• _Action item_
Work out how many lines of the material below mention the word "written"; reply with the number only.

• _Data to use_
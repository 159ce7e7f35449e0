// Amounts: one leading minus or none, digits, optionally a mark and digits, in whole grams.
ghost use Rattle.std.specs.Prelude.{◌≡◌, false, ◌≤◌, ◌<◌, ◌*◌, drop};
ghost use Rattle.syntax.specs.Content.{content};
ghost use Rattle.grammar.specs.Loads.{shape, mark, tens, weight_right, weight, amount_right, grams};
ghost use Rattle.grammar.specs.Loads as loads;
ghost use Rattle.elements.specs.Amounts.{weight_is, amount_is, unit_is, fraction_of, Unsigned};

use syntax::content::{content_is, next_octet, wide};

// How many digits may stand before and behind the mark.
#[derive(Clone, Copy)]
pub struct Form {
    pub whole: usize,
    pub decimals: usize,
}

// The form that a unit gives, KGM or TNE.
pub fn unit_in(x: &[u8], release: u8, kgm: usize, tne: usize) -> Option<Form>
    ensures { result ≡ unit_is (loads.unit (content release x.now) (shape kgm 3) (shape tne 6)) }
{
    if content_is(x, release, b"KGM") {
        return Some(Form {
            whole: kgm,
            decimals: 3,
        });
    }
    if content_is(x, release, b"TNE") {
        return Some(Form {
            whole: tne,
            decimals: 6,
        });
    }
    None
}

fn is_mark(b: u8) -> bool
    ensures { result ≡ mark b }
{
    matches!(b, b',' | b'.')
}

// The grams of digits behind the mark: `v` are those before it; a digit that is not there counts as 0.
fn fraction(x: &[u8], from: usize, release: u8, v: u64, decimals: usize) -> Option<u64>
    requires { (v < 1000000000000) × (decimals ≤ 6) }
    ensures { result ≡ fraction_of v decimals (content release (drop from x.now)) }
{
    let mut i = from;
    let mut n: usize = 0;
    let mut g = v;
    while let Some((b, j)) = next_octet(x, i, release) {
        if b < 48 {
            return None;
        }
        if 57 < b {
            return None;
        }
        if decimals <= n {
            return None;
        }
        g = g * 10 + (wide(b) - 48);
        n += 1;
        i = j;
    }
    if n == 0 {
        return None;
    }
    Some(scaled(g, decimals - n))
}

// How much a digit counts that stands before so many others.
fn power(zeros: usize) -> u64
    requires { zeros ≤ 6 }
    ensures { result ≡ tens zeros }
{
    match zeros {
        0 => 1,
        1 => 10,
        2 => 100,
        3 => 1000,
        4 => 10000,
        5 => 100000,
        _ => 1000000,
    }
}

fn scaled(v: u64, zeros: usize) -> u64
    requires zeros_bound { v * tens zeros < 1000000000000000000 }
    requires zeros_bound_2 { zeros ≤ 6 }
    ensures { result ≡ v * tens zeros }
{
    v * power(zeros)
}

// The grams that the content from here gives, where it is digits, optionally a mark and digits.
fn weight_from(x: &[u8], from: usize, release: u8, f: Form) -> Option<u64>
    requires { (f.whole ≤ 12) × (f.decimals ≤ 6) }
    ensures { result ≡ weight_is (weight_right (shape f.whole f.decimals) (content release (drop from x.now))) (weight (shape f.whole f.decimals) (content release (drop from x.now))) }
{
    let mut i = from;
    let mut n: usize = 0;
    let mut v: u64 = 0;
    while let Some((b, j)) = next_octet(x, i, release) {
        if is_mark(b) {
            if n == 0 {
                return None;
            }
            return fraction(x, j, release, v, f.decimals);
        }
        if b < 48 {
            return None;
        }
        if 57 < b {
            return None;
        }
        if f.whole <= n {
            return None;
        }
        v = v * 10 + (wide(b) - 48);
        n += 1;
        i = j;
    }
    if n == 0 {
        return None;
    }
    Some(scaled(v, f.decimals))
}

// Where the content goes on behind a leading minus; 0 where none leads.
fn behind_minus(x: &[u8], release: u8) -> usize
    ensures { Unsigned (content release x.now) result (content release (drop result x.now)) }
{
    match next_octet(x, 0, release) {
        Some((b'-', next)) => next,
        _ => 0,
    }
}

// The grams behind a leading minus, of content that is not written right without one.
fn reversed_in(x: &[u8], release: u8, f: Form) -> Option<(u64, bool)>
    requires whole_bound { (f.whole ≤ 12) × (f.decimals ≤ 6) }
    requires x_value { weight_right (shape f.whole f.decimals) (content release x.now) ≡ false }
    ensures { result ≡ amount_is (amount_right (shape f.whole f.decimals) (content release x.now)) (grams (shape f.whole f.decimals) (content release x.now)) }
{
    let from = behind_minus(x, release);
    if from == 0 {
        return None;
    }
    let n = weight_from(x, from, release, f)?;
    Some((n, 0 < n))
}

// The grams that the content gives, where it is written right: without their sign, and whether they are below zero; 0 grams are not. Few amounts have a minus, so it is looked for where no digits lead.
pub fn amount_in(x: &[u8], release: u8, f: Form) -> Option<(u64, bool)>
    requires { (f.whole ≤ 12) × (f.decimals ≤ 6) }
    ensures { result ≡ amount_is (amount_right (shape f.whole f.decimals) (content release x.now)) (grams (shape f.whole f.decimals) (content release x.now)) }
{
    match weight_from(x, 0, release, f) {
        Some(n) => Some((n, false)),
        None => reversed_in(x, release, f),
    }
}
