// VALUE as text: by the filter, and with the service characters in it released.
ghost use Rattle.std.specs.Prelude.{◌≡◌, [], ◌∷◌, ◌+◌, ◌*◌, ◌≤◌, ◌<◌, length};
ghost use Rattle.syntax.specs.Service.{serves};
ghost use Rattle.syntax.specs.Octets.{all_pass};
ghost use Rattle.writing.specs.Laid.{Laid};
ghost use Rattle.weaving.specs.Seals.{text_by, may_write};
ghost use Rattle.weaving.specs.Woven.{released_text};

use filters::hex::hex_text;
use filters::six::six_text;
use syntax::classes::Classes;
use syntax::repertoire::OUTSIDE;
use writing::store;

// The text that the filter F gives VALUE.
pub fn filter_text(out: &mut [u8], filter: u64, value: &[u8]) -> usize
    requires { length value.now ≤ 384 }
    ensures { Laid out.old 0 (text_by filter value.now) result out.new }
{
    if filter == 2 {
        return hex_text(out, 0, value);
    }
    six_text(out, 0, value)
}

// Whether an octet is a service character in force.
fn is_service(t: &Classes, b: u8) -> bool
    ensures { result ≡ serves t.now.syntax.service b }
{
    let c = t.class(b);
    1 < c && c != OUTSIDE
}

fn may_write(t: &Classes, b: u8) -> bool
    ensures { result ≡ may_write t.now.syntax b }
{
    if is_service(t, b) {
        return t.syntax.service.release != 32;
    }
    t.class(b) <= 1
}

// Whether the text can be written: all of it is inside the repertoire, and where a service character is in it a release is in force.
pub fn is_writable(t: &Classes, text: &[u8]) -> bool
    ensures { result ≡ all_pass (may_write t.now.syntax) text.now }
{
    for b in text {
        if !may_write(t, *b) {
            return false;
        }
    }
    true
}

fn put_octet(out: &mut [u8], at: usize, t: &Classes, b: u8) -> usize
    requires at_bound { at < 4294967296 }
    ensures { Laid out.old at (released_text t.now.syntax.service (b ∷ [])) result out.new }
{
    if is_service(t, b) {
        store(&mut *out, at, t.syntax.service.release);
        store(&mut *out, at + 1, b);
        return at + 2;
    }
    store(&mut *out, at, b);
    at + 1
}

// The text with its service characters released.
pub fn put_released(out: &mut [u8], at: usize, t: &Classes, text: &[u8]) -> usize
    requires at_bound { (at < 2147483648) × (length text.now ≤ 512) }
    ensures laid { Laid out.old at (released_text t.now.syntax.service text.now) result out.new }
    ensures upper_bound { result ≤ at + 1024 }
{
    let mut p = at;
    for b in text {
        p = put_octet(&mut *out, p, t, *b);
    }
    p
}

• _Response area_
3